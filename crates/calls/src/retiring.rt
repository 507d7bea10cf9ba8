// Retiring, the cells that stay, and the store that is given back.
use super::bench::{ADDING, AROUND, UPPER_SPOILED, executive, interrupted, over, terms};
use processor::RelativeAddress;
use std::test::Fail;
use store::CellAddress;

// All that was loaded and put is in it, with the marks of what was not.
#[test]
fn the_store_is_given_back(rt: HostRuntime) -> Result<(), Fail> {
    let mut memory = [AROUND; 12];
    memory[2..10].copy_from_slice(&ADDING);
    memory[8] = UPPER_SPOILED + 1;
    let mut installation = over(rt.alloc(), &memory)?;
    assert_eq!(rt; installation.admit(3, CellAddress(2), terms(9, 0)), Ok(()));
    assert_eq!(rt;
        installation.load(3, RelativeAddress(8), 0o1234567012),
        Ok(())
    );
    assert_eq!(rt; installation.run(3, 100), Ok(interrupted(4, executive(10))));
    memory[9] = 8;
    memory[10] = 0o1234567012;
    assert_eq!(rt;
        installation.into_store().into_memory().as_slice(),
        memory.as_slice()
    );
    Ok(())
}
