// Fixed addresses, and refusal 14.
use engine::fixed_address;
use std::test::Fail;
use store::CellAddress;

#[test]
fn each_cause_has_its_address(rt: HostRuntime) -> Result<(), Fail> {
    for (cause, cell, address) in [
        (1, 0, 0o0),
        (1, 131_071, 0o0),
        (2, 0, 0o1),
        (2, 65_536, 0o1),
        (3, 0, 0o3),
        (3, 32_767, 0o3),
        (3, 32_768, 0o4),
        (3, 65_535, 0o4),
        (3, 65_536, 0o23),
        (3, 98_303, 0o23),
        (3, 98_304, 0o27),
        (3, 131_071, 0o27),
        (4, 0, 0o7),
        (4, 98_304, 0o7),
        (5, 0, 0o30),
        (5, 131_071, 0o30),
    ] {
        let found = fixed_address(cause, CellAddress(cell));
        assert_eq!(rt; found, Ok(CellAddress(address)), "{cause} at {cell}");
    }
    Ok(())
}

◆ **Work instruction**:
Stop after the line containing "what was not.": print exactly the lines from the start of the entries above up to it, that line included.

◆ **Solved exercise**:
filename crates/calls/src/retiring.rt
repository 507d7bea10cf9ba8
// Retiring, the cells that stay, and the store that is given back.
use super::bench::{ADDING, AROUND, UPPER_SPOILED, executive, interrupted, over, terms};
use processor::RelativeAddress;
use std::test::Fail;
use store::CellAddress;

// All that was loaded and put is in it, with the marks of what was not.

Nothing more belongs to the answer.